Solving the 190 Billion Dollar Issue

10 min readMar 22, 2019

Demo video: https://youtu.be/PGvLXGPyEFs

In the United States alone, an estimated 190 billion dollars is lost annually to credit card fraud by companies across the nation.

What if I told you that we could solve this problem today, and save at least a few billion dollars? Well, that’s exactly what I tried to do with my fraud detecting SOM (self-organizing map).

But before I get into how my model and SOM works, what the heck is a SOM?

What are SOMs

A SOM, aka a self-organizing map, is a type of unsupervised neural network and usually it takes vast amounts of data and simplifies it to a graph sorted by trends in the data. They basically reduce dimensionality meaning data that was 3-dimensional would be 2-dimensional by the end of the process. SOM’s are especially useful with a huge amount of data as they are able to group data into categories and compare it, making it easier to analyze vast amounts of data.

Let’s take an example of a SOM:

The graph above represents countries’ qualities of life based on a number of factors such as healthcare, the quality of education, or the average income in that country. The dataset started off with about 39 columns and more than 200 countries, but this graph allows us to easily understand the spectrum these countries are on. Countries with a lower quality of life tend to be on the left end of the graph, while countries with a better quality of life on the right end of the graph.

How do SOMs work?

Unlike most neural networks, SOMs have more output nodes than input nodes.

I know what you’re thinking, aren’t they supposed to make the data easier to understand? How do they have more output nodes?

Well, it’s a bit more tricky than it seems. Let’s take an example of the graph above, each input node represents a column with 3 rows. In the end, the data is expressed as a 2-dimensional array meaning that it's no longer a 3-dimensional set of data and depending on the situation this can make the data a lot easier to understand and analyze.

SOMs also lack activation functions which differentiate them from most other types of neural networks, and the weights aren’t directly applied to the input and stored. Instead, the weights are a part of the output node, and it carries versions of the input nodes with the weight applied.

Let’s bring it back to our example, in the sample with 3 input nodes we see at the output layer that each output node carries 3 versions of that original input node but with the weights applied.

How Does it Learn?

To get our SOM to learn, or to get closer to the actual dataset, which the end goal we need to calculate the distance from the dataset. What this looks like is that each of the output nodes (remember there are 3 values), is compared with the original dataset and we calculate the Euclidean distance. The one closest to the original dataset is called the BMU (best-matching unit), but before we move on let’s go back to our example.

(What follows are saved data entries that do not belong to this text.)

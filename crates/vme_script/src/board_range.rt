//! Ranges of bytes on the boards.
ghost use Rattle.std.specs.Prelude.{◌≡◌, ◌+◌, ◌<◌, length, is_some, IfSome};
ghost use Rattle.std.specs.List.{list_any};
ghost use Rattle.vme_script.specs.BoardRanges.{range_at, range_of, is_within, share};

use vme_am::Am;
use vme_decode::AddressMap;
use vme_shared::Mailbox;

/// Consecutive bytes of one board.
#[derive(Clone, Copy, Debug, PartialEq, Eq)]
pub struct BoardRange {
    /// The board, by its index in the map.
    pub board: usize,
    /// The offset of the first byte on the board.
    pub offset: u32,
    /// The number of bytes.
    pub len: u32,
}

impl BoardRange {
    /// Returns the range of `len` bytes from `addr` on, with code `am`.
    ///
    /// The range is on the board that the first byte selects; it may end after that board. Returns
    /// `None` if `Am::from_code` rejects the code or the first byte selects no board.
    #[tactic(auto, unfolding(crate::specs::BoardRanges::range_at))]
    pub fn at(map: &AddressMap, am: u8, addr: u32, len: u32) -> Option<BoardRange>
        ensures place { result ≡ range_at map.now am addr len }
        ensures there { IfSome result (λ place. place.board < length map.now) }
    {
        let Ok(am) = Am::from_code(am) else {
            return None;
        };
        let (board, offset) = map.select_at(am, addr)?;
        Some(BoardRange { board, offset, len })
    }

    /// Returns the range of the bytes of `mailbox`.
    ///
    /// The range is on the board that the first byte selects; it may end after that board. Returns
    /// `None` if `Am::from_code` rejects the mailbox's code or the first byte selects no board.
    pub fn of(map: &AddressMap, mailbox: Mailbox) -> Option<BoardRange>
        ensures place { result ≡ range_of map.now mailbox }
        ensures there { IfSome result (λ place. place.board < length map.now) }
    {
        BoardRange::at(map, mailbox.am, mailbox.addr, mailbox.len())
    }

    /// The offset after the last byte.
    fn end(self) -> u64
        ensures { result ≡ self.offset + self.len }
    {
        u64::from(self.offset) + u64::from(self.len)
    }

    /// Returns whether the range ends within a board of `size` bytes.
    pub fn is_within(self, size: u32) -> bool
        ensures within { result ≡ is_within self size }
    {
        self.end() <= u64::from(size)
    }

    /// Returns the offset of the last byte, or the first offset if the range has no byte.
    pub fn last(self) -> u32 {
        self.offset.saturating_add(self.len.saturating_sub(1))
    }

    /// Whether the two ranges share a byte.
    pub(crate) fn shares(self, other: BoardRange) -> bool
        ensures { result ≡ share self other }
    {
        let start = u64::from(self.offset.max(other.offset));
        self.board == other.board && start < self.end().min(other.end())
    }

    /// Returns the first of `others` with which the range shares a byte, and its index.
    pub fn first_shared(self, others: &[BoardRange]) -> Option<(usize, BoardRange)>
        ensures shared { is_some result ≡ list_any (share self) others.now }
    {
        for (index, other) in others.iter().enumerate() {
            if self.shares(*other) {
                return Some((index, *other));
            }
        }
        None
    }
}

So, if we want to find the value of the first row through the three columns we can take the first W in each of the nodes and subtract that amount from the actual value of that row from the dataset. This gives us the Euclidean distance and the closest one, which in this case is node 3, is the BMU (best-matching unit)!

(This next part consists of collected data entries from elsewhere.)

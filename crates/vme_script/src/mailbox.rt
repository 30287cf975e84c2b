//! The rules for a mailbox: its numbers, its bytes, and its board.
ghost use Rattle.std.specs.Prelude.{◌≡◌, ◌<◌, ◌-◌, ◌%◌, nat_le, not, ◌==◌, ◌&&◌, length, IfOk};
ghost use Rattle.std.specs.Option.{ok_or};
ghost use Rattle.std.specs.List.{list_any};
ghost use Rattle.vme_memory.specs.Classes.{answers_quads};
ghost use Rattle.vme_script.specs.declared.fault.ConfigFault.TheVariants.{BadMailbox};
ghost use Rattle.vme_script.specs.Answers.{refuse};
ghost use Rattle.vme_script.specs.declared.cause.mailbox.MailboxCause.TheVariants.{CodeRange, AddressNotAligned, SlotsRange, TooLong, NarrowBoard, NoModify};
ghost use Rattle.vme_script.specs.Causes.{mailbox_refusal, refused_as};
ghost use Rattle.vme_script.specs.CauseRules.{cause_if, lines_of};
ghost use Rattle.vme_script.specs.MailboxTables.{is_mailbox_code, mailbox_from_table, supports_mailboxes};
ghost use Rattle.vme_script.specs.BoardRanges.{range_of, is_within, share};

use crate::board_range::BoardRange;
use crate::cause::{BoardName, MailboxCause};
use crate::limits::MOST_MAILBOX_SLOTS;
use vme_am::{Am, Space};
use vme_config_toml::MailboxTable;
use vme_decode::AddressMap;
use vme_memory::{Class, Width8To32};
use vme_shared::Mailbox;

/// Checks the code of a mailbox: it is one of data or short access.
pub fn check_code(am: u32) -> Result<(), MailboxCause>
    ensures refusal { refused_as mailbox_refusal result ≡ refuse (not (is_mailbox_code am)) BadMailbox }
    ensures cause { result ≡ cause_if (not (is_mailbox_code am)) (CodeRange am) }
{
    match am {
        0x09 | 0x0d | 0x29 | 0x2d | 0x39 | 0x3d => Ok(()),
        _ => Err(MailboxCause::CodeRange { am }),
    }
}

/// Checks the address of a mailbox: it is a multiple of four.
pub fn check_address(addr: u32) -> Result<(), MailboxCause>
    ensures refusal { refused_as mailbox_refusal result ≡ refuse (not (addr % 4 == 0)) BadMailbox }
    ensures cause { result ≡ cause_if (not (addr % 4 == 0)) (AddressNotAligned addr) }
{
    if addr % 4 != 0 {
        return Err(MailboxCause::AddressNotAligned { addr });
    }
    Ok(())
}

/// Checks the number of slots of a mailbox: it is from 1 to 64.
pub fn check_slots(slots: u32) -> Result<(), MailboxCause>
    ensures refusal { refused_as mailbox_refusal result ≡
        refuse (not (nat_le 1 slots && nat_le slots 64)) BadMailbox }
    ensures cause { result ≡ cause_if (not (nat_le 1 slots && nat_le slots 64)) (SlotsRange slots) }
{
    if slots < 1 || slots > MOST_MAILBOX_SLOTS {
        return Err(MailboxCause::SlotsRange { slots });
    }
    Ok(())
}

/// The mailbox that a table declares, by the rules for its numbers.
#[tactic(auto, unfolding(crate::specs::MailboxTables::mailbox_from_table))]
pub(crate) fn numbers_of(table: MailboxTable) -> Result<Mailbox, MailboxCause>
    ensures { refused_as mailbox_refusal result ≡ ok_or (mailbox_from_table table) BadMailbox }
{
    check_code(table.am)?;
    check_address(table.addr)?;
    check_slots(table.slots)?;
    Ok(Mailbox {
        am: table.am as u8,
        addr: table.addr,
        slots: table.slots as u8,
    })
}

/// Returns the mailbox that a table declares, if its numbers are those of a mailbox.
///
/// Its code is one of data or short access (09, 0d, 29, 2d, 39, 3d), its address is a multiple of
/// four, and it has 1 to 64 slots. Returns `None` otherwise.
pub fn mailbox_from_table(table: MailboxTable) -> Option<Mailbox>
    ensures mailbox { result ≡ mailbox_from_table table }
{
    numbers_of(table).ok()
}

/// The cause of a mailbox whose code and address select no board.
fn no_board(mailbox: Mailbox) -> MailboxCause {
    let space = match Am::from_code(mailbox.am) {
        Ok(am) => am.space(),
        Err(_) => Space::A32,
    };
    MailboxCause::NoBoardThere {
        am: mailbox.am,
        addr: mailbox.addr,
        space,
        there: None,
    }
}

/// Returns the bytes of a mailbox, on the board that the first of them selects.
pub fn place_of(map: &AddressMap, mailbox: Mailbox) -> Result<BoardRange, MailboxCause>
    ensures place { refused_as mailbox_refusal result ≡ ok_or (range_of map.now mailbox) BadMailbox }
    ensures there { IfOk result (λ place. place.board < length map.now) }
{
    match BoardRange::of(map, mailbox) {
        Some(place) => Ok(place),
        None => Err(no_board(mailbox)),
    }
}

/// Checks that the bytes of a mailbox end within the board of this name, which has `size` bytes.
pub fn check_inside(
    mailbox: Mailbox,
    place: BoardRange,
    board: BoardName,
    size: u32,
) -> Result<(), MailboxCause>
    ensures refusal { refused_as mailbox_refusal result ≡ refuse (not (is_within place size)) BadMailbox }
    ensures cause { result ≡ cause_if (not (is_within place size))
        (TooLong mailbox.slots place.len board (size - place.offset)) }
{
    if !place.is_within(size) {
        return Err(MailboxCause::TooLong {
            slots: u32::from(mailbox.slots),
            needed: place.len,
            board,
            left: size.saturating_sub(place.offset),
        });
    }
    Ok(())
}

/// Checks that the board of this name, which has a slave of this width, has quad bytes.
pub fn check_width(board: BoardName, width: Width8To32) -> Result<(), MailboxCause>
    ensures refusal { refused_as mailbox_refusal result ≡ refuse (not (answers_quads width)) BadMailbox }
    ensures cause { result ≡ cause_if (not (answers_quads width)) (NarrowBoard board (lines_of width)) }
{
    match width {
        Width8To32::D08 => Err(MailboxCause::NarrowBoard { board, width: 8 }),
        Width8To32::D16 => Err(MailboxCause::NarrowBoard { board, width: 16 }),
        Width8To32::D32 => Ok(()),
    }
}

/// Checks that the board of this name has read-modify-writes.
pub fn check_modify(board: BoardName, rmw: bool) -> Result<(), MailboxCause>
    ensures refusal { refused_as mailbox_refusal result ≡ refuse (not rmw) BadMailbox }
    ensures cause { result ≡ cause_if (not rmw) (NoModify board) }
{
    if rmw {
        return Ok(());
    }
    Err(MailboxCause::NoModify { board })
}

/// Checks that a board of this name and class can contain mailboxes: it has 32 data lines, and
/// read-modify-writes.
pub(crate) fn check_class(board: BoardName, class: Class) -> Result<(), MailboxCause>
    ensures { refused_as mailbox_refusal result ≡ refuse (not (supports_mailboxes class)) BadMailbox }
{
    check_width(board, class.width)?;
    check_modify(board, class.rmw)
}

/// Checks that the bytes of a mailbox share none with those of earlier mailboxes.
pub fn check_apart(place: BoardRange, earlier: &[BoardRange]) -> Result<(), MailboxCause>
    ensures { refused_as mailbox_refusal result ≡
        refuse (list_any (share place) earlier.now) BadMailbox }
{
    match place.first_shared(earlier) {
        Some((other, shared)) => Err(MailboxCause::Shared {
            other,
            low: shared.offset,
            high: shared.last(),
        }),
        None => Ok(()),
    }
}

Then the SOM will go back and change the weights to be closer to the weights in the BMU, and basically, it’s trying to drag the whole set closer to this BMU trying to bring the whole SOM closer to the actual dataset.

This diagram helps to visualize what’s occurring as the white dot represents the actual data point, the yellow is the BMU and the grid represents our SOM (as a grid of nodes basically). The BMU then has a radius drawn around it and any node that falls under it is updated with weights similar to the one the BMU carried, and the closer anode to the BMU the more its weight is updated.

So as the weights of the nodes near the BMU are updated the SOM is brought closer to the dataset until we eventually match the BMU precisely with our dataset. This continues on for each row of data (if we go back to the example, this means we would move onto the second W in each node) and we get a new BMU for each row.

Wait, what if there’s overlap between the radii of BMUs like this?

The node will then be affected by both the BMUs as it is under both of their radii, but it will be affected by one to a greater extent compared to the other and that is depending on whichever BMU it is closer to!

Each BMU then shrinks in radius when there are multiple and this means they influence fewer nodes. The focus is on getting the whole graph of nodes closer to the actual dataset rather than just the BMUs touching the dataset. Each node is then assigned a BMU and we get a graph like this. That’s all!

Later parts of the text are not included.